Дональды - стр. 14
Молчание с правой стороны удивленное, но краткое.
– То, о чем вы говорите, это уже относится к эпохе поздних атлантов, – опять продолжает свою лекцию человечек после трехсекундной паузы.
Осторожно возражаю ему, что, дескать, его гиперборейцы, сжимающиеся до атлантов, и так далее – это все не похоже на историю, то есть на настоящую историю, то есть такую историю, которая бы отражала последовательный процесс…
– Хорошо, а как бы вы описали в целом историю нашей брамфатуры?
На всякий случай поясняет отличие брамфатуры от шрастра.
Левая рука одновременно горит от солнечных лучей и мерзнет от ледяной струи воздуха, летящей из кондиционера. Я зачем-то читаю человечку лекцию, в которой мелькают такие слова, как «первичный бульон», «падение комет», «Гондвана», «динозавры», «палеолит». Я умею говорить. Могу говорить долго и нудно. Я профессиональное трепло. Человечек кивает.
Почему-то раздражаюсь.
– А давайте свернем туда, посмотрим? Берег, реку? Вы торопитесь? – спрашиваю, гася раздражение.
Человечку надо успеть на электричку, но до нее еще три часа, я его уверяю, что успеем, мы сворачиваем и едем высохшими пыльными буграми к лесу, за которым обрыв. Выхожу из машины и бессознательно, по многолетней уральской привычке, подворачиваю нижние края брюк, вставляя их в носки. Черные начищенные ботинки шлепают по зелени и желтизне дорожки, сверху на них стыдливо глядят «беременные» брючины. Прохожу несколько метров и вдруг понимаю, что забыл телефон в машине. Мгновение размышляю, возвращаться или нет (на кой черт мне, в общем-то, мобильник в лесу?), и, конечно же, бреду назад, неваляшкой падаю на водительское кресло, достаю эту штуку электронную и бегом обратно к человечку.
– Там внизу пещеры, где жили древние люди, – поясняю, отгоняя рукой комаров. Откуда я это взял? Сроду здесь не был, хотя проезжал мимо сто раз.

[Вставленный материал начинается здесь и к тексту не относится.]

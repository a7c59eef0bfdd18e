//! The words for each outcome.
ghost use Rattle.std.specs.Prelude.{◌≡◌, ◌++◌, IsOk, IsTrue, OnOk, false, string_bytes, true, unwrap_or};
ghost use Rattle.std.specs.Option.{option_copied};
ghost use Rattle.code_words.specs.Refused.{judged_said, limit_said, line_said, step_said};
ghost use Rattle.router_says.specs.AtFault.{Appends, Shows, sought_of};
ghost use Rattle.router_says.specs.Names.{asked, may_have_several, name_of};
ghost use Rattle.router_says.specs.Quiet.{is_quiet};
ghost use Rattle.router_says.specs.Said.{
  IsSaid,
  Says,
  SaysAnd,
  about_said,
  limit_place,
  undecided_said,
  unmet_said,
  unroutable_said,
};
ghost use Rattle.router_says.specs.Seen.{Sees};
ghost use Rattle.router_says.specs.declared.sought.Sought.TheVariants.{Routed as RoutedLine};
ghost use Rattle.run_outcome.specs.declared.text_file.TextFile.TheVariants.{Lrat, Model, Routed};
ghost use Rattle.router_words.specs.Word.{words_of};

use crate::at_fault::{append_at_fault, append_judged_line};
use crate::bounds::{append_bound, append_narrowed};
use crate::faults::{SystemErrors, append_unread, append_unwritten};
use crate::names::{job_in, may_have_several};
use crate::raised::append_raised;
use crate::refused::{append_file, append_limit_place, append_unmet};
use crate::seen::append_seen;
use crate::symmetry::append_obstacle;
use crate::unfound::{append_no_way, append_unfound};
use crate::unsettled::{append_no_memory, append_undecided, append_unroutable};
use code_words::{append_judged, append_limit, append_line, append_step};
use desk_io::Desk;
use fpga_bounds::PlacedProblem;
use router_words::Job;
use run_outcome::{Outcome, Ran, TextFile, status};
use std::alloc::{AllocError, Global};
use usage_words::append_usage;

/// Appends what an outcome of a run with these words means, in lines that end with a newline:
/// which file is meant, by the name that was given or made; what its line has, and the name of what
/// is at fault there, or the line as it stands; of a fault the reason that the system gave last;
/// what can be tried next. It appends nothing where the run came to what was asked for and no more
/// is to be known of that, and in each other case something.
///
/// Where a file has a fault or is not legal, it reads the files of the desk once more; else none.
/// Of a width that has no routing or is open it looks at the problem that the run gives back; of
/// tracks that a refutation asks for, it names nets that need them by the reason that it gives.
///
/// # Errors
/// Memory ran out; then a front part may have been appended.
pub fn append_words<D: Desk>(
    alloc: Global,
    desk: &mut D,
    out: &mut String,
    words: &[String],
    ran: &Ran,
    errors: SystemErrors,
) -> Result<(), AllocError>
    ensures quiet { IsTrue (is_quiet ran.now.outcome) →
        IsOk result × (string_bytes out.new ≡ string_bytes out.old) }
    ensures said { OnOk result (is_quiet ran.now.outcome ≡ false → IsSaid (D.state desk.old)
        (D.state desk.new) (words_of words.now) errors ran.now.problem ran.now.reason
        ran.now.outcome (string_bytes out.old) (string_bytes out.new)) }
{
    if is_quiet(&ran.outcome) {
        return Ok(());
    }
    let job = job_in(alloc, words)?;
    append_meaning(alloc, desk, out, words, job, ran, errors)?;
    append_raised(out, &ran.reason, &ran.outcome)?;
    out.push_str("\n")?;
    Ok(())
}

// Whether the run came to what was asked for, and no more is to be known of that.
fn is_quiet(outcome: &Outcome) -> bool
    ensures { result ≡ is_quiet outcome.now }
{
    match outcome {
        Outcome::Bound { .. } | Outcome::Narrowed { .. } => false,
        _ => status(outcome) == 0,
    }
}

// Appends what an outcome means, without the newline at the end.
fn append_meaning<D: Desk>(
    alloc: Global,
    desk: &mut D,
    out: &mut String,
    words: &[String],
    job: Option<Job<'_>>,
    ran: &Ran,
    errors: SystemErrors,
) -> Result<(), AllocError>
    ensures { OnOk result (Appends (Says (D.state desk.old) (D.state desk.new) (words_of words.now)
        (asked job.entry) errors ran.now.problem ran.now.outcome) (string_bytes out.old)
        (string_bytes out.new)) }
{
    match ran.outcome {
        Outcome::NotAccepted { step, cause } => append_refused_step(out, job, step, cause),
        Outcome::NotLegal { line, cause } => {
            append_not_legal(alloc, desk, out, job, line, cause)
        }
        Outcome::NotModel { clause } => append_no_model(out, job, clause),
        Outcome::InputFault { file, line, code } => {
            append_bad_line(alloc, desk, out, job, file, line, code)
        }
        Outcome::Limit { file, code, count } => append_passed_limit(out, job, file, code, count),
        Outcome::NotSymmetric { width, why } => append_obstacle(out, width, why),
        Outcome::Unroutable { width } => append_refuted(alloc, out, job, &ran.problem, width),
        Outcome::Undecided { width, learned } => {
            append_left_open(alloc, out, job, &ran.problem, width, learned)
        }
        Outcome::Bound {
            tracks,
            cells,
            nets,
        }
        | Outcome::Beyond {
            tracks,
            cells,
            nets,
        } => append_bound(out, tracks, cells, nets),
        Outcome::Narrowed { tracks, width, cut } => {
            append_narrowed(out, job, tracks, width, cut)
        }
        Outcome::Unfound {
            width,
            rounds,
            stopped,
        } => append_unfound(out, job, width, rounds, stopped),
        Outcome::NoWay { width } => append_no_way(out, width),
        Outcome::Usage { code } => append_usage(out, words, code),
        Outcome::ReadFault { file } => append_unread(out, job, file, errors.reading),
        Outcome::WriteFault { slot } => append_unwritten(out, job, slot, errors),
        Outcome::OutOfMemory => append_no_memory(out, job),
        Outcome::Routed { .. } | Outcome::Done | Outcome::Accepted | Outcome::LegalRoute => Ok(()),
    }
}

// Which step of the log is refused, and why.
fn append_refused_step(
    out: &mut String,
    job: Option<Job<'_>>,
    step: u64,
    code: u32,
) -> Result<(), AllocError>
    ensures { OnOk result (string_bytes out.new ≡ string_bytes out.old
        ++ (about_said (asked job.entry) Lrat ++ step_said step code)) }
{
    append_file(out, job, TextFile::Lrat)?;
    append_step(out, step, code)
}

// Which line of the routed file is bad, why, the line as it stands and in which net.
fn append_not_legal<D: Desk>(
    alloc: Global,
    desk: &mut D,
    out: &mut String,
    job: Option<Job<'_>>,
    line: u64,
    code: u32,
) -> Result<(), AllocError>
    ensures { OnOk result (Appends (SaysAnd (Shows (D.state desk.old) (D.state desk.new)
        (name_of (asked job.entry)) Routed line RoutedLine)
        (about_said (asked job.entry) Routed
        ++ judged_said (may_have_several (asked job.entry)) line code))
        (string_bytes out.old) (string_bytes out.new)) }
{
    append_judged_of(out, job, line, code)?;
    append_judged_line(alloc, desk, out, job, line)?;
    Ok(())
}

// Which clause the model leaves unsatisfied.
fn append_no_model(out: &mut String, job: Option<Job<'_>>, clause: u32) -> Result<(), AllocError>
    ensures { OnOk result (string_bytes out.new
        ≡ string_bytes out.old ++ (about_said (asked job.entry) Model ++ unmet_said clause)) }
{
    append_file(out, job, TextFile::Model)?;
    append_unmet(out, clause)
}

// Which line of the routed file is bad, and why.
fn append_judged_of(
    out: &mut String,
    job: Option<Job<'_>>,
    line: u64,
    code: u32,
) -> Result<(), AllocError>
    ensures { OnOk result (string_bytes out.new ≡ string_bytes out.old
        ++ (about_said (asked job.entry) Routed
        ++ judged_said (may_have_several (asked job.entry)) line code)) }
{
    append_file(out, job, TextFile::Routed)?;
    append_judged(out, may_have_several(job), line, code)
}

// Which line is bad, why, and what is at fault there, by its name or as the line stands.
fn append_bad_line<D: Desk>(
    alloc: Global,
    desk: &mut D,
    out: &mut String,
    job: Option<Job<'_>>,
    file: TextFile,
    line: u64,
    code: u32,
) -> Result<(), AllocError>
    ensures { OnOk result (Appends (SaysAnd (Shows (D.state desk.old) (D.state desk.new)
        (name_of (asked job.entry)) file line (sought_of file code))
        (about_said (asked job.entry) file ++ line_said line code))
        (string_bytes out.old) (string_bytes out.new)) }
{
    append_line_of(out, job, file, line, code)?;
    append_at_fault(alloc, desk, out, job, file, line, code)?;
    Ok(())
}

// Which line of a file is bad, and why.
fn append_line_of(
    out: &mut String,
    job: Option<Job<'_>>,
    file: TextFile,
    line: u64,
    code: u32,
) -> Result<(), AllocError>
    ensures { OnOk result (string_bytes out.new ≡ string_bytes out.old
        ++ (about_said (asked job.entry) file ++ line_said line code)) }
{
    append_file(out, job, file)?;
    append_line(out, line, code)
}

// What passes its limit, and where.
fn append_passed_limit(
    out: &mut String,
    job: Option<Job<'_>>,
    file: Option<TextFile>,
    code: u32,
    count: u64,
) -> Result<(), AllocError>
    ensures { OnOk result (string_bytes out.new ≡ string_bytes out.old
        ++ (limit_place (asked job.entry) file ++ limit_said code count)) }
{
    append_limit_place(out, job, file)?;
    append_limit(out, code, count)
}

// That no routing of a width is legal, and what is seen of it without a search.
fn append_refuted(
    alloc: Global,
    out: &mut String,
    job: Option<Job<'_>>,
    problem: &Option<PlacedProblem>,
    width: u32,
) -> Result<(), AllocError>
    ensures { OnOk result (Appends (SaysAnd (Sees problem.now (asked job.entry) width false)
        (unroutable_said (asked job.entry) width)) (string_bytes out.old)
        (string_bytes out.new)) }
{
    append_unroutable(out, job, width)?;
    append_seen(alloc, out, job, problem, width, false)?;
    Ok(())
}

// That a width is open, what can be tried next, and what is seen of it without a search.
fn append_left_open(
    alloc: Global,
    out: &mut String,
    job: Option<Job<'_>>,
    problem: &Option<PlacedProblem>,
    width: u32,
    learned: u64,
) -> Result<(), AllocError>
    ensures { OnOk result (Appends (SaysAnd (Sees problem.now (asked job.entry) width true)
        (undecided_said (asked job.entry) width learned)) (string_bytes out.old)
        (string_bytes out.new)) }
{
    append_undecided(out, job, width, learned)?;
    append_seen(alloc, out, job, problem, width, true)?;
    Ok(())
}
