//! Words for what can be seen of a width without a search.
ghost use Rattle.std.specs.Prelude.{◌≡◌, ◌≤◌, ◌++◌, IsTrue, OnOk, codes, false, string_bytes};
ghost use Rattle.fpga_types.specs.declared.limits.TheConstants.{WIDTH_LIMIT};
ghost use Rattle.problem_facts.specs.Facts.{AreFactsOf};
ghost use Rattle.router_says.specs.AtFault.{Appends};
ghost use Rattle.router_says.specs.Names.{asked};
ghost use Rattle.router_says.specs.Seen as spec;
ghost use Rattle.router_says.specs.Seen.{
  SaysAlone,
  SaysSeen,
  SaysSeenBy,
  SaysSeenOf,
  Sees,
  apart_said,
  count_said,
  crowding_said,
  first_cell_said,
  hints_of,
  nets_said,
  order_said,
  trackless_said,
};
ghost use Rattle.router_says.specs.declared.phrases.TheConstants.{SEEN_CELL, SEEN_CROWD};

use crate::names::reach_asked;
use crate::phrases::{
    SEEN_ALONE, SEEN_APART, SEEN_CELL, SEEN_COUNT, SEEN_CROWD, SEEN_ORDER, SEEN_TRACKLESS,
};
use crate::places::{append_first_cell, append_net, append_nets, append_pins};
use fpga_bounds::PlacedProblem;
use fpga_types::{PinStep, WIDTH_LIMIT};
use problem_facts::{ClosedTree, Facts, is_exchangeable, trackless};
use route_count::{Crowding, crowded_by};
use router_words::{Job, Method};
use std::alloc::{AllocError, Global};

/// Which options may help that were not given.
#[derive(Clone, Copy)]
pub(crate) struct Hints {
    /// Counting.
    pub(crate) count: bool,
    /// Tracks in order.
    pub(crate) order: bool,
}

/// Appends what is seen of a width without a search, where no reach was given: which nets want
/// more tracks than there are, and which option helps; else a net that no track serves alone; else,
/// where the width is open, which option may help. Where no problem was worked on, nothing is said.
pub(crate) fn append_seen(
    alloc: Global,
    out: &mut String,
    job: Option<Job<'_>>,
    problem: &Option<PlacedProblem>,
    width: u32,
    is_open: bool,
) -> Result<(), AllocError>
    ensures { OnOk result (Appends (Sees problem.now (asked job.entry) width is_open)
        (string_bytes out.old) (string_bytes out.new)) }
{
    if !is_looked_at(job, width) {
        return Ok(());
    }
    append_looked(alloc, out, problem, width, hints_of(job, is_open))
}

// Whether it is looked at: numbers alone say nothing of a search within a reach.
fn is_looked_at(job: Option<Job<'_>>, width: u32) -> bool
    ensures value { result ≡ spec.is_looked_at width (asked job.entry) }
    ensures within { IsTrue result → (1 ≤ width) × (width ≤ WIDTH_LIMIT) }
{
    if reach_asked(job).is_some() {
        return false;
    }
    1 <= width && width <= WIDTH_LIMIT
}

// Appends what is seen of the problem, if one was worked on.
fn append_looked(
    alloc: Global,
    out: &mut String,
    problem: &Option<PlacedProblem>,
    width: u32,
    hints: Hints,
) -> Result<(), AllocError>
    requires width { (1 ≤ width) × (width ≤ WIDTH_LIMIT) }
    ensures { OnOk result (Appends (SaysSeen width hints problem.now) (string_bytes out.old)
        (string_bytes out.new)) }
{
    match problem {
        Some(problem) => append_of_problem(alloc, out, problem, width, hints),
        None => Ok(()),
    }
}

// Which options may help that were not given.
fn hints_of(job: Option<Job<'_>>, is_open: bool) -> Hints
    ensures { result ≡ hints_of (asked job.entry) is_open }
{
    Hints {
        count: may_count(job),
        order: is_open && may_order(job),
    }
}

// Whether counting can be asked for, and was not.
fn may_count(job: Option<Job<'_>>) -> bool
    ensures { result ≡ spec.may_count (asked job.entry) }
{
    let Some(job) = job else {
        return false;
    };
    match job {
        Job::Route(job) => !job.search.count,
        Job::Sweep(job) => !job.search.count,
        Job::Encode(_)
        | Job::Decode(_)
        | Job::Core(_)
        | Job::Check(_)
        | Job::Verify(_)
        | Job::Judge(_)
        | Job::Bound(_)
        | Job::Global(_)
        | Job::Least(_)
        | Job::Gen(_)
        | Job::Trial(_) => false,
    }
}

// Whether tracks in order can be asked for, and nothing of that kind was.
fn may_order(job: Option<Job<'_>>) -> bool
    ensures { result ≡ spec.may_order (asked job.entry) }
{
    let Some(job) = job else {
        return false;
    };
    match job {
        Job::Route(job) => is_strict(job.search.method),
        Job::Sweep(job) => is_strict(job.search.method),
        Job::Core(job) => is_strict(job.method),
        Job::Encode(_)
        | Job::Decode(_)
        | Job::Check(_)
        | Job::Verify(_)
        | Job::Judge(_)
        | Job::Bound(_)
        | Job::Global(_)
        | Job::Least(_)
        | Job::Gen(_)
        | Job::Trial(_) => false,
    }
}

fn is_strict(method: Method) -> bool
    ensures { result ≡ spec.is_strict method }
{
    match method {
        Method::Strictly => true,
        Method::Pinned | Method::Ordered | Method::Within(_) => false,
    }
}

// Appends it of a problem.
fn append_of_problem(
    alloc: Global,
    out: &mut String,
    problem: &PlacedProblem,
    width: u32,
    hints: Hints,
) -> Result<(), AllocError>
    requires width { (1 ≤ width) × (width ≤ WIDTH_LIMIT) }
    ensures { OnOk result (Appends (SaysSeenOf width hints problem.now) (string_bytes out.old)
        (string_bytes out.new)) }
{
    let facts = Facts::of(alloc, problem)?;
    append_by_facts(alloc, out, problem, &facts, width, hints)
}

// Appends it of a problem of which this is known.
fn append_by_facts(
    alloc: Global,
    out: &mut String,
    problem: &PlacedProblem,
    facts: &Facts,
    width: u32,
    hints: Hints,
) -> Result<(), AllocError>
    requires width { (1 ≤ width) × (width ≤ WIDTH_LIMIT) }
    requires facts { AreFactsOf problem.now facts.now }
    ensures { OnOk result (Appends (SaysSeenBy width hints problem.now facts.now.crowd)
        (string_bytes out.old) (string_bytes out.new)) }
{
    match crowded_by(alloc, problem, facts, width)? {
        Some(crowding) => append_crowded(out, problem, &crowding, hints),
        None => append_alone(alloc, out, problem, facts, width, hints),
    }
}

// Appends a net that no track serves, or what else may help.
fn append_alone(
    alloc: Global,
    out: &mut String,
    problem: &PlacedProblem,
    facts: &Facts,
    width: u32,
    hints: Hints,
) -> Result<(), AllocError>
    requires width { (1 ≤ width) × (width ≤ WIDTH_LIMIT) }
    requires facts { AreFactsOf problem.now facts.now }
    ensures { OnOk result (Appends (SaysAlone width hints problem.now) (string_bytes out.old)
        (string_bytes out.new)) }
{
    match trackless(alloc, problem, facts, width)? {
        Some(found) => append_trackless(out, problem, &found),
        None => append_order(out, problem, width, hints),
    }
}

// Appends a net that no track serves, and the places of its pins.
fn append_trackless(
    out: &mut String,
    problem: &PlacedProblem,
    found: &ClosedTree,
) -> Result<(), AllocError>
    ensures { OnOk result (string_bytes out.new
        ≡ string_bytes out.old ++ trackless_said problem.now found.now) }
{
    out.push_str(SEEN_TRACKLESS)?;
    append_net(out, problem, found.tree)?;
    append_apart(out, &found.pins)?;
    Ok(())
}

// Appends the places of pins that open no track in common.
fn append_apart(out: &mut String, row: &[PinStep]) -> Result<(), AllocError>
    ensures { OnOk result (string_bytes out.new ≡ string_bytes out.old ++ apart_said row.now) }
{
    out.push_str(SEEN_ALONE)?;
    append_pins(out, row)?;
    out.push_str(SEEN_APART)?;
    Ok(())
}

// Appends that keeping tracks in order may help, where it can.
fn append_order(
    out: &mut String,
    problem: &PlacedProblem,
    width: u32,
    hints: Hints,
) -> Result<(), AllocError>
    requires width { (1 ≤ width) × (width ≤ WIDTH_LIMIT) }
    ensures { OnOk result
        (string_bytes out.new ≡ string_bytes out.old ++ order_said width hints problem.now) }
{
    if !hints.order {
        return Ok(());
    }
    if !is_exchangeable(problem, width) {
        return Ok(());
    }
    out.push_str(SEEN_ORDER)
}

// Appends slots that want different tracks, and are more than there are, and what shows that.
fn append_crowded(
    out: &mut String,
    problem: &PlacedProblem,
    crowding: &Crowding,
    hints: Hints,
) -> Result<(), AllocError>
    ensures { OnOk result (string_bytes out.new ≡ string_bytes out.old
        ++ (crowding_said problem.now crowding.now ++ count_said hints)) }
{
    append_slots(out, problem, crowding)?;
    append_count(out, hints)?;
    Ok(())
}

// Appends that counting shows it, where that may help.
fn append_count(out: &mut String, hints: Hints) -> Result<(), AllocError>
    ensures { OnOk result (string_bytes out.new ≡ string_bytes out.old ++ count_said hints) }
{
    if !hints.count {
        return Ok(());
    }
    out.push_str(SEEN_COUNT)
}

// Appends slots that want different tracks, and are more than there are.
fn append_slots(
    out: &mut String,
    problem: &PlacedProblem,
    crowding: &Crowding,
) -> Result<(), AllocError>
    ensures { OnOk result (string_bytes out.new
        ≡ string_bytes out.old ++ crowding_said problem.now crowding.now) }
{
    match crowding {
        Crowding::Cell(row) => append_cell_row(out, problem, row.as_slice()),
        Crowding::Crowd(row) => append_crowd_row(out, problem, row.as_slice()),
    }
}

// Appends slots of one cell.
fn append_cell_row(out: &mut String, problem: &PlacedProblem, row: &[u32]) -> Result<(), AllocError>
    ensures { OnOk result (string_bytes out.new ≡ string_bytes out.old
        ++ (SEEN_CELL.now ++ (first_cell_said problem.now row.now
        ++ (codes ":" ++ nets_said problem.now row.now)))) }
{
    out.push_str(SEEN_CELL)?;
    append_first_cell(out, problem, row)?;
    out.push_str(":")?;
    append_nets(out, problem, row)?;
    Ok(())
}

// Appends slots of trees that meet each other.
fn append_crowd_row(
    out: &mut String,
    problem: &PlacedProblem,
    row: &[u32],
) -> Result<(), AllocError>
    ensures { OnOk result (string_bytes out.new ≡ string_bytes out.old
        ++ (SEEN_CROWD.now ++ nets_said problem.now row.now)) }
{
    out.push_str(SEEN_CROWD)?;
    append_nets(out, problem, row)?;
    Ok(())
}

Человечек радостно плетется позади и что-то бормочет свое, гиперборейское.
У меня так часто бывает: вроде бы смотрю на одно, а вижу другое, не глазами, каким-то иным органом чувств. Впереди вроде бы непроходимая груда валежника, а передо мной – Охотник.
Сначала Охотник натаскал хвороста, потом поверх накидал веток потолще, а уже на них сложил всех умерших. Их было немного, всего-то четверо, остальные ушли еще раньше. Болезнь выкосила их племя за две луны. Еще прошлой весной, чтобы сосчитать всех, не хватало пальцев на руках и ногах, но потом начался кашель, родные начали слабеть и улетать один за другим в Страну Звезд.
Снаряжаясь в путь, Охотник завернул в шкуру, снятую со Старого, острогу, топор, нож и Тяжелый Камешек. Посмотрел на улетающие в небо угольки душ своих родных, закинул за спину шкуру с инструментами. Когда последние красные лепестки утонули в небе, Охотник двинулся Туда, Где Тепло. Там живет другой род, ему говорил об этом Старый, а Старый знал, как устроен этот мир.
Идти надо было по льду замерзшей реки, которая течет Оттуда, Где Холодно.
Надо было торопиться, потому что солнце грело все сильнее, отражаясь в миллионах льдинок, так что Охотник все время щурился, но цель он видел – там, далеко впереди, за окончанием белой дороги чернел берег.
Вечером, когда Охотник ловил рыбу в промоине, он почувствовал чей-то взгляд, ковырявший его спину. Серая фигура неуверенно приближалась, словно скользя по белой плоскости.